Chris M. Kabel
On Monday, the Intergovernmental Panel on Climate Change (IPCC) released its latest assessment of the degree to which human activity is driving climate change, and multitude of ways in which climate change will create catastrophic effects if not mitigated. The IPCC report, widely regarded as the most complete and authoritative assessment of our changing climate, calls for much more robust action from governments around the world if we are to limit global warming to 1.5 degrees Celsius – a target that would prevent the worst consequences for human health and survival.
During this National Public Health Week, it’s important to emphasize that climate change is arguably the most pressing public health threat we face today. Unless we dramatically reduce carbon emissions before the end of the decade, the growing climate crisis will increase drought, heat waves and other extreme weather events; degrade the production capacity of our food systems; erode the viability of cities and towns to sustain their current structures and designs; and increase human mortality through vector-borne disease, respiratory ailments, and cardiovascular conditions.
Given the global scale of the climate crisis, it’s easy to get overwhelmed and wonder what we can reasonably achieve in our own communities. However, it’s important to remember that public health is where you are. There is a tremendous amount that we can achieve at the local and regional level.
At The Kresge Foundation, we are gratified to be able to support a wide range of community-based advocates working to improve climate resilience and health equity through our Climate Change, Health and Equity initiative. Many of the organizations supported through this five-year, $22 million initiative are achieving important victories, including expanding transit access, establishing a statewide Clean Energy Standard and establishing urban resilience hubs.
Of course, we realize that Kresge’s support can only provide a small fraction of the resources that frontline organizations require in order to advance the priorities of low-income communities of color who have been hit first and worst by climate threats.
Yet too many funders overlook grassroots organizations led by people of color: a report by Building Equity and Alignment for Environmental Justice found that, in regions like the Midwest and Gulf South, only about 1% of grants from the 12 largest environmental funders were awarded to grassroots environmental justice organizations. In response, Kresge is one of 16 climate funders that joined a pledge led by the Donors of Color Network to direct at least 30% of grantmaking to BIPOC-led organizations.
However, this pledge is targeted primarily to climate funders, which omits a very large segment of the philanthropic landscape: health funders.

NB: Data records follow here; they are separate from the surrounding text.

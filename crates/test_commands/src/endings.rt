//! How a run ends: by its words, by its input and by its output.

use crate::outside::{
    CHECK, FAIR, FULL, Machine, Outcome, Outside, PLAY, STUCK, comes_to, ran, status_over,
};
use crate::servings::SERVE;
use crate::texts::input_of;
use crate::transcripts::{SUMS_PRINTED, sums};
use std::test::Fail;

// Words that a line of rows cannot say.
const NO_COMMANDS: &[&[&str]] = &[&["hovgyelit", ""], &["hovgyelit", "play", "--fuel", ""]];

#[test]
fn an_empty_word_is_refused(rt: HostRuntime) -> Result<(), Fail> {
    for words in NO_COMMANDS {
        assert!(rt;
            comes_to(&rt, words, b"", &FAIR, (2, "error 2 usage\n"))?,
            "{words:?}"
        );
    }
    Ok(())
}

// Lines that rows cannot say: each stands at the input's third line of steps, and is no step.
const NO_STEPS: &[&str] = &[
    "get 1 /none\ntake 2 /servlets/sum\nget 0 /x",
    "get 1 /none\ntake 2 /servlets/sum\nget 0 /x\r\n",
];

// Whether a run of these steps ends after two of them.
fn ends_at_the_third<R: Machine>(rt: &R, steps: &str) -> Result<bool, Fail> {
    let input = input_of(rt.alloc(), ("sum", "'a"), steps)?;
    let told = (4, "1 404 unknown\n2 taken 0\nerror 4 3\n");
    comes_to(rt, PLAY, input.as_bytes(), &FAIR, told)
}

#[test]
fn a_line_ends_with_a_newline_alone(rt: HostRuntime) -> Result<(), Fail> {
    for steps in NO_STEPS {
        assert!(rt; ends_at_the_third(&rt, steps)?, "{steps}");
    }
    Ok(())
}

// Whether a run of the visits of a sum over this outside ends with this status and text.
fn sums_end<R: Machine>(
    rt: &R,
    words: &[&str],
    outside: &Outside,
    told: (u8, &str),
) -> Result<bool, Fail> {
    let input = sums(rt.alloc())?;
    comes_to(rt, words, input.as_bytes(), outside, told)
}

#[test]
fn an_input_is_read_in_pieces_of_any_size(rt: HostRuntime) -> Result<(), Fail> {
    for greatest in [1, 7, 5000] {
        let outside = Outside { greatest, ..FAIR };
        assert!(rt;
            sums_end(&rt, PLAY, &outside, (0, SUMS_PRINTED))?,
            "in pieces of {greatest}"
        );
    }
    Ok(())
}

// Reads that fail, the first being 0.
const READS: &[&[u64]] = &[&[0], &[1]];

#[test]
fn a_failing_read_ends_with_5(rt: HostRuntime) -> Result<(), Fail> {
    for reads in READS {
        let outside = Outside {
            reads,
            greatest: 9,
            ..FAIR
        };
        let told = (5, "error 5 read\n");
        assert!(rt; sums_end(&rt, PLAY, &outside, told)?, "{reads:?}");
        assert!(rt; sums_end(&rt, CHECK, &outside, told)?, "{reads:?}");
    }
    Ok(())
}

// Whether a run ended with status 6, and with a front of what these visits print.
fn is_front(outcome: &Outcome) -> bool {
    let text = outcome.text.as_str();
    outcome.status == 6 && text.len() < SUMS_PRINTED.len() && SUMS_PRINTED.starts_with(text)
}

// Whether the visits of a sum end so over this outside.
fn sums_leave_a_front<R: Machine>(rt: &R, outside: &Outside) -> Result<bool, Fail> {
    let input = sums(rt.alloc())?;
    let outcome = ran(rt, PLAY, input.as_bytes(), outside)?;
    Ok(is_front(&outcome))
}

// Whether they end so where the write of this number fails.
fn leaves_a_front<R: Machine>(rt: &R, failing: u64) -> Result<bool, Fail> {
    let writes = [failing];
    let outside = Outside {
        writes: &writes,
        ..FAIR
    };
    sums_leave_a_front(rt, &outside)
}

// An output with room for twenty bytes.
const SHORT: Outside<'static> = Outside { room: 20, ..FAIR };

#[test]
fn a_failing_write_leaves_a_front(rt: HostRuntime) -> Result<(), Fail> {
    // One write a reply.
    for failing in 0..5 {
        assert!(rt; leaves_a_front(&rt, failing)?, "at write {failing}");
    }
    assert!(rt; sums_end(&rt, PLAY, &SHORT, (6, "0 200 52\n<a href=\"/s"))?);
    Ok(())
}

#[test]
fn a_failing_flush_ends_with_6(rt: HostRuntime) -> Result<(), Fail> {
    assert!(rt; sums_end(&rt, PLAY, &STUCK, (6, SUMS_PRINTED))?);
    Ok(())
}

// Words, an input, and the status that it ends with.
type Run = (&'static [&'static str], &'static str, u8);

// What ends with an error's line.
const ERRORS: &[Run] = &[
    (&["hovgyelit"], "", 2),
    (PLAY, "steps\n", 3),
    (CHECK, "", 3),
    (PLAY, "script a 1\nx\nsteps\n", 3),
    (PLAY, "script a 2\n'a\nsteps\n\n", 4),
    (PLAY, "script a 2\n'a\nsteps\npublish 0\n", 4),
];

// Refuses runs whose output takes no byte, and which end with another status.
fn expect_full<R: Machine>(rt: &R, runs: &[Run]) -> Result<(), Fail> {
    for (words, input, status) in runs {
        if !comes_to(rt, words, input.as_bytes(), &FULL, (*status, ""))? {
            return Err(Fail::from(*input));
        }
    }
    Ok(())
}

// Refuses runs whose output hands nothing on, and which end with another status.
fn expect_stuck<R: Machine>(rt: &R, runs: &[Run]) -> Result<(), Fail> {
    for (words, input, status) in runs {
        if status_over(rt, words, input.as_bytes(), &STUCK)? != *status {
            return Err(Fail::from(*input));
        }
    }
    Ok(())
}

#[test]
fn a_line_of_an_error_that_is_not_written_changes_no_status(rt: HostRuntime) -> Result<(), Fail> {
    expect_full(&rt, ERRORS)?;
    expect_stuck(&rt, ERRORS)
}

// What has replies to write, or else nothing but a flush.
const REPLIES: &[Run] = &[
    (CHECK, "script a 2\n'a\n", 6),
    (PLAY, "script a 2\n'a\nsteps\nget 0 /x\n", 6),
    (PLAY, "script a 2\n'a\nsteps\nget 0 /x\npublish 0\n", 6),
    (PLAY, "script a 2\n'a\nsteps\ntick 1\n", 6),
    (PLAY, "script a 2\n'a\nsteps\n", 0),
];

// What has something to hand on.
const HANDED: &[Run] = &[
    (CHECK, "script a 2\n'a\n", 6),
    (PLAY, "script a 2\n'a\nsteps\n", 6),
];

#[test]
fn a_reply_that_is_not_written_ends_with_6(rt: HostRuntime) -> Result<(), Fail> {
    expect_full(&rt, REPLIES)?;
    expect_stuck(&rt, HANDED)
}

// An output that takes no byte, after an input whose first read fails.
const NOTHING: Outside<'static> = Outside {
    reads: &[0],
    ..FULL
};

#[test]
fn a_failing_read_ends_with_5_where_nothing_can_be_written(rt: HostRuntime) -> Result<(), Fail> {
    assert!(rt; comes_to(&rt, PLAY, b"steps\n", &NOTHING, (5, ""))?);
    Ok(())
}

// An input that is read in long pieces, and the same with an output that takes no byte.
const LONG: Outside<'static> = Outside {
    greatest: 65_536,
    ..FAIR
};

const LONG_AND_FULL: Outside<'static> = Outside { room: 0, ..LONG };

// Words, how the outside treats a run of an input that is too long, and what it writes.
const REFUSED: &[(&[&str], Outside<'static>, &str)] = &[
    (PLAY, LONG, "error 11 long\n"),
    (CHECK, LONG, "error 11 long\n"),
    (SERVE, LONG, "error 11 long\n"),
    (PLAY, LONG_AND_FULL, ""),
];

// Whether this input is too long for each command, and one that is a byte shorter is not.
fn is_too_long<R: Machine>(rt: &R, input: &[u8], shorter: &[u8]) -> Result<bool, Fail> {
    for (words, outside, text) in REFUSED {
        if !comes_to(rt, words, input, outside, (11, *text))? {
            return Ok(false);
        }
    }
    comes_to(rt, PLAY, shorter, &LONG, (3, "error 3 setup 0 section\n"))
}

#[test]
fn a_long_input_is_refused(rt: HostRuntime) -> Result<(), Fail> {
    let long = vec![in rt.alloc(); b' '; 16_777_217]?;
    assert!(rt; is_too_long(&rt, &long, &long[1..])?);
    Ok(())
}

According to the latest field assessment from Grantmakers in Health, there are now 303 health conversion foundations, which collectively hold nearly $40 billion in assets in 44 states and the District of Columbia.
Despite the fact that climate change is a leading threat to the public’s health, and that no region of the country will be immune to its consequences, strikingly few health foundations support climate justice work. A field assessment conducted by the Health and Environment Funders Network (HEFN) and Environmental Grantmakers of America (EGA) found a total of just $84 million in grants from 100 funders in health and equity initiatives related to climate, with very few coming from health foundations.
Funding partners like the Robert Wood Johnson Foundation are supporting community-driven efforts to improve climate resilience through its Health and Climate Solutions initiative. What would it take for more state, regional and local health funders to recognize the health equity and racial justice impacts of climate change, and dedicate funding accordingly?
We invite any health funder considering supporting climate justice efforts in their regions to reach out, and we’d be happy to talk. Together, we can support community aspirations for a more just, sustainable and healthy future.